"Murtagh!" exclaimed Nessa, almost involuntary, but in a tone that expressed her dismay.
"I can't help it," returned Murtagh, "he makes me feel—" And the tone of Murtagh's voice finished his sentence for him.
"Come and sit by the fire, and let us try and forget all about him just for the present. It is no use to talk about him, is it?" she said kindly.
"Do you know what I have been doing all this afternoon?" she remarked presently. "I have been reading the most wonderful—But no, you shall just guess. Guess what it was about."
"Easy to guess," said Winnie, "if you got it out of the library. Some horrible dry stuff or other, out of a book a yard long."
"No, it wasn't," said Nessa. "The book was not bigger than one of your story-books, and—"

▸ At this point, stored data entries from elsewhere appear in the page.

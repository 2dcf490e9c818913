// What statements have: their first expression, their suite, their handlers.
ghost use Rattle.std.specs.Prelude.{◌≡◌, slice_get};
ghost use Rattle.std.specs.Option.{option_map};
ghost use Rattle.py_tree.specs.Erasure.{expr_of, form_of, suite_of};
ghost use Rattle.flow_frames.specs.Machine.{bound_in, handler_in, suite_in};
ghost use Rattle.flow_openings.specs.Opening.{first_in};
ghost use Rattle.flow_openings.specs.Handlers.{handler_seen};

use py_tree::{Bound, Expr, Form, Stmt, Suite};

/// A handler: its class, the name that it binds, and its suite.
pub type Handler = (Option<Expr>, Option<Bound>, Suite);

/// The expression whose value a statement awaits first.
#[tactic(auto, using(py_tree::proofs::StmtTrees::form_trees))]
pub(crate) fn first_in<'a>(stmt: &'a Stmt) -> Option<&'a Expr>
    ensures { option_map (λ e. expr_of e.now) result ≡ first_in (form_of stmt.entry.now.form.value) }
{
    match &*stmt.form {
        Form::Do(e) => Some(e),
        Form::Assign(_, e) => Some(e),
        Form::Return(e) => e.as_ref(),
        Form::Raise(e) => e.as_ref(),
        Form::For(_, e, _) => Some(e),
        Form::With(e, _, _) => Some(e),
        Form::Class(_, base, _) => base.as_ref(),
        Form::Aug(_, _, _, _) => None,
        Form::Del(_) => None,
        Form::Pass => None,
        Form::Break => None,
        Form::Continue => None,
        Form::Assert(_, _) => None,
        Form::Import(_) => None,
        Form::If(_, _) => None,
        Form::While(_, _) => None,
        Form::Try(_, _) => None,
        Form::Def(_, _, _, _) => None,
    }
}

/// The suite of a statement that has one.
#[tactic(auto, using(py_tree::proofs::StmtTrees::form_trees))]
pub fn suite_in<'a>(stmt: &'a Stmt) -> Option<&'a Suite>
    ensures { option_map (λ s. suite_of s.now) result ≡ suite_in (form_of stmt.entry.now.form.value) }
{
    match &*stmt.form {
        Form::While(_, suite) => Some(suite),
        Form::For(_, _, suite) => Some(suite),
        Form::Try(suite, _) => Some(suite),
        Form::With(_, _, suite) => Some(suite),
        Form::Class(_, _, suite) => Some(suite),
        Form::Do(_) => None,
        Form::Assign(_, _) => None,
        Form::Aug(_, _, _, _) => None,
        Form::Del(_) => None,
        Form::Pass => None,
        Form::Break => None,
        Form::Continue => None,
        Form::Return(_) => None,
        Form::Raise(_) => None,
        Form::Assert(_, _) => None,
        Form::Import(_) => None,
        Form::If(_, _) => None,
        Form::Def(_, _, _, _) => None,
    }
}

/// The name after the `as` of a `with`.
#[tactic(auto, using(py_tree::proofs::StmtTrees::form_trees))]
pub fn bound_in<'a>(stmt: &'a Stmt) -> Option<&'a Bound>
    ensures { option_map (λ b. b.now) result ≡ bound_in (form_of stmt.entry.now.form.value) }
{
    match &*stmt.form {
        Form::With(_, bound, _) => bound.as_ref(),
        Form::Do(_) => None,
        Form::Assign(_, _) => None,
        Form::Aug(_, _, _, _) => None,
        Form::Del(_) => None,
        Form::Pass => None,
        Form::Break => None,
        Form::Continue => None,
        Form::Return(_) => None,
        Form::Raise(_) => None,
        Form::Assert(_, _) => None,
        Form::Import(_) => None,
        Form::If(_, _) => None,
        Form::While(_, _) => None,
        Form::For(_, _, _) => None,
        Form::Try(_, _) => None,
        Form::Def(_, _, _, _) => None,
        Form::Class(_, _, _) => None,
    }
}

/// The handler with a number.
fn handler_at<'a>(handlers: &'a [Handler], number: usize) -> Option<&'a Handler>
    ensures { option_map (λ h. h.now) result ≡ slice_get handlers.entry.now number }
{
    handlers.get(number)
}

/// The handler of a `try` with a number.
#[tactic(auto, using(py_tree::proofs::StmtTrees::form_trees))]
pub fn handler_in<'a>(stmt: &'a Stmt, number: usize) -> Option<&'a Handler>
    ensures { option_map (λ h. handler_seen h.now) result ≡ handler_in (form_of stmt.entry.now.form.value) number }
{
    match &*stmt.form {
        Form::Try(_, handlers) => handler_at(handlers.list.as_slice(), number),
        Form::Do(_) => None,
        Form::Assign(_, _) => None,
        Form::Aug(_, _, _, _) => None,
        Form::Del(_) => None,
        Form::Pass => None,
        Form::Break => None,
        Form::Continue => None,
        Form::Return(_) => None,
        Form::Raise(_) => None,
        Form::Assert(_, _) => None,
        Form::Import(_) => None,
        Form::If(_, _) => None,
        Form::While(_, _) => None,
        Form::For(_, _, _) => None,
        Form::With(_, _, _) => None,
        Form::Def(_, _, _, _) => None,
        Form::Class(_, _, _) => None,
    }
}
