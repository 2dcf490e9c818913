// An operation on atoms.
ghost use Rattle.std.specs.Prelude.{◌≡◌, ◌↔◌, ◌&&◌, false, IfOk};
ghost use Rattle.std.specs.List.{list_all};
ghost use Rattle.op_atoms.specs.Answers.{AnswersAs, is_atomic as is_atomic_number};
ghost use Rattle.op_atoms.specs.Atoms.{is_atom as is_atomic_value};
ghost use Rattle.op_atoms.specs.declared.atomic.Atomic.TheVariants.{NotAtomic};
ghost use Rattle.op_table.specs.Table.{planned};
ghost use Rattle.op_work.specs.Work.{Extends};
ghost use Rattle.py_model.specs.Told.{IsNamedOp};
ghost use Rattle.py_value.specs.Contents.{contents};
ghost use Rattle.py_value.specs.Values.{AreNamed};

use crate::Atomic;
use crate::atoms::are_atoms;
use crate::telling::{begin, is_atomic, told};
use op_work::Work;
use prov_base::Memory;
use py_model::Op;
use py_value::Value;
use std::alloc::Global;

/// What an operation on atoms answers, by its plan. It is none exactly where its number is none of these, or an operand is no atom.
pub fn atom(work: &mut Work, alloc: Global, op: Op, operands: &[Value]) -> Result<Atomic, Memory>
    requires op { IsNamedOp work.old.values op }
    requires named { AreNamed work.old.values operands.now }
    ensures answers { AnswersAs (planned op operands.now) work.old work.new result }
    ensures atomic { IfOk result (λ answer. (answer ≡ NotAtomic)
        ↔ ((is_atomic_number op.no && list_all (λ v. is_atomic_value (contents work.old.values v)) operands.now) ≡ false)) }
    ensures store { work.new.store ≡ work.old.store }
    ensures extends { Extends work.old.values work.new.values }
{
    if !is_atomic(op.no) {
        return Ok(Atomic::NotAtomic);
    }
    if !are_atoms(work.values(), alloc, operands)? {
        return Ok(Atomic::NotAtomic);
    }
    begin(work);
    told(op_table::perform(work, alloc, op, operands))
}
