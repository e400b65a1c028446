// What the three demands and the requests come to, said and proved of the public calls. There is no code here.
#![tactic(auto)]
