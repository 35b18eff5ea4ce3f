#![tactic(auto, using(crate::proofs::Nan::zero_over_zero))]
// The tables of a project.
ghost use Rattle.std.specs.Prelude.{◌≡◌};
ghost use Rattle.model.specs.Blank.{blank_node, blank_link, blank_control, blank_premise, blank_options, no_counts, empty_project};

use crate::control::{Control, ControlCondition};
use crate::link::{Link, LinkType};
use crate::node::{Node, NodeType, Reservoir};
use crate::options::Options;
use crate::rule::{
    ConditionValue, NodeAttribute, Premise, RuleConditionOperator, RuleConditionTarget,
};
use number::ComparisonOperator;

#[derive(Clone, Copy)]
pub struct Counts {
    pub patterns: usize,
    pub nodes: usize,
    pub links: usize,
    pub controls: usize,
    pub premises: usize,
}

// Pattern k has lengths[k] multipliers, from 168 * k on.
#[derive(Clone, Copy)]
pub struct Project {
    pub options: Options,
    pub counts: Counts,
    pub lengths: [usize; 32],
    pub multipliers: [f64; 5376],
    pub nodes: [Node; 256],
    pub links: [Link; 384],
    pub controls: [Control; 64],
    pub premises: [Premise; 128],
}

// The fillers of the tables.
pub fn blank_node() -> Node
    ensures { result ≡ blank_node }
{
    let reservoir = Reservoir {
        elevation: 0.0 / 0.0,
        head_pattern: None,
    };
    Node {
        kind: NodeType::Reservoir(reservoir),
    }
}

pub fn blank_link() -> Link
    ensures { result ≡ blank_link }
{
    Link {
        start: 0,
        end: 0,
        initial_status: 0,
        kind: LinkType::Pipe {
            diameter: 0.0 / 0.0,
        },
    }
}

pub fn blank_control() -> Control
    ensures { result ≡ blank_control }
{
    Control {
        condition: ControlCondition::HighPressure {
            node: 0,
            target: 0.0 / 0.0,
        },
        link: 0,
        status: None,
        setting: None,
    }
}

pub fn blank_premise() -> Premise
    ensures { result ≡ blank_premise }
{
    Premise {
        operator: RuleConditionOperator::Or,
        target: RuleConditionTarget::Node(0, NodeAttribute::Demand),
        comparison: ComparisonOperator::Eq,
        value: ConditionValue::Number(0.0 / 0.0),
    }
}

pub fn blank_options() -> Options
    ensures { result ≡ blank_options }
{
    Options {
        duration: 0,
        hydraulic: 0,
        report: 0,
        pattern: 0,
        pattern_start: 0,
        start_clock: 0,
        skip: false,
        pda: false,
        default_pattern: None,
        demand_multiplier: 0.0 / 0.0,
    }
}

pub fn no_counts() -> Counts
    ensures { result ≡ no_counts }
{
    Counts {
        patterns: 0,
        nodes: 0,
        links: 0,
        controls: 0,
        premises: 0,
    }
}

impl Project {
    // Tables with nothing in them.
    pub fn empty() -> Project
        ensures { result ≡ empty_project }
    {
        Project {
            options: blank_options(),
            counts: no_counts(),
            lengths: [0; 32],
            multipliers: [0.0 / 0.0; 5376],
            nodes: [blank_node(); 256],
            links: [blank_link(); 384],
            controls: [blank_control(); 64],
            premises: [blank_premise(); 128],
        }
    }
}
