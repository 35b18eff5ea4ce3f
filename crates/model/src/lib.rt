#![tactic(auto)]
// The project's tables and the state, by value, and what the Rust says of one node, one link and one pattern.
// Files carry the names of the Rust's. Entries past the counts are blank.
mod control;
mod link;
mod node;
mod options;
mod pattern;
mod project;
mod rule;
mod state;

pub use control::{Control, ControlCondition};
pub use link::{CLOSED, FIXED_CLOSED, Link, LinkType, TEMP_CLOSED};
pub use node::{Demand, Demands, Junction, Node, NodeType, Reservoir};
pub use options::Options;
pub use pattern::{multiplier_at, period};
pub use project::{
    Counts, Project, blank_control, blank_link, blank_node, blank_options, blank_premise, no_counts,
};
pub use rule::{
    ConditionValue, LinkAttribute, NodeAttribute, Premise, RuleConditionOperator,
    RuleConditionTarget, SystemAttribute, TankAttribute,
};
pub use state::{LinkState, NodeState, State};
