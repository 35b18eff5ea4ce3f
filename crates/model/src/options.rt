// The options record of the image.

// Times are in seconds; `hydraulic`, `report` and `pattern` are timesteps.
#[derive(Clone, Copy)]
pub struct Options {
    pub duration: u32,
    pub hydraulic: u32,
    pub report: u32,
    pub pattern: u32,
    pub pattern_start: u32,
    pub start_clock: u32,
    pub skip: bool,
    pub pda: bool,
    pub default_pattern: Option<usize>,
    pub demand_multiplier: f64,
}
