// `link.rs`, `pipe.rs`, `pump.rs`, `valve.rs`.
ghost use Rattle.std.specs.Prelude.{◌≡◌};
ghost use Rattle.model.specs.Links.{initial_flow, initial_setting};

use number::constants::{PI, Q_ZERO};

// Statuses are 0 to 9 in `LinkStatus` order; these three are named.
// kept: tables and states handed in may hold any number there, which number 10 judges (`table_ranges::status_ok`, `judge::state_ok`).
pub const TEMP_CLOSED: u32 = 1;

pub const CLOSED: u32 = 2;

pub const FIXED_CLOSED: u32 = 9;

// Diameters in feet, flows in cubic feet per second.
#[derive(Clone, Copy)]
pub enum LinkType {
    Pipe { diameter: f64 },
    Pump { initial_flow: f64, speed: f64 },
    Valve { diameter: f64, setting: f64 },
}

// `start` and `end` are nodes.
#[derive(Clone, Copy)]
pub struct Link {
    pub start: usize,
    pub end: usize,
    pub initial_status: u32,
    pub kind: LinkType,
}

impl Link {
    #[tactic(auto, unfolding(crate::specs::Links::initial_flow, number::specs::Constants::decimal))]
    pub fn initial_flow(self) -> f64
        ensures { result ≡ initial_flow self }
    {
        if (self.initial_status == FIXED_CLOSED) | (self.initial_status == CLOSED) {
            return Q_ZERO;
        }
        match self.kind {
            LinkType::Pipe { diameter } | LinkType::Valve { diameter, .. } => {
                0.25 * PI * (diameter * diameter)
            }
            LinkType::Pump { initial_flow, .. } => initial_flow,
        }
    }

    #[tactic(auto, unfolding(number::specs::Constants::decimal))]
    pub fn initial_setting(self) -> f64
        ensures { result ≡ initial_setting self }
    {
        match self.kind {
            LinkType::Pipe { .. } => 0.0,
            LinkType::Pump { speed, .. } => speed,
            LinkType::Valve { setting, .. } => setting,
        }
    }
}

"Horrid squinny little print, then, and yellow paper all over stains," replied Winnie, laughing. "I know Uncle Blair's books; they make one feel dusty to look at them."
"No, it wasn't," replied Nessa, shaking her head. "It had—well, yes, it had a dreadfully ugly binding, but lovely white paper."
"Long s's," suggested Murtagh.
"Oh, yes, yes," cried Winnie. "Long s's, and funny little pictures of girls with parasols over their heads and trousers down to their boots. Now wasn't it, Nessa?"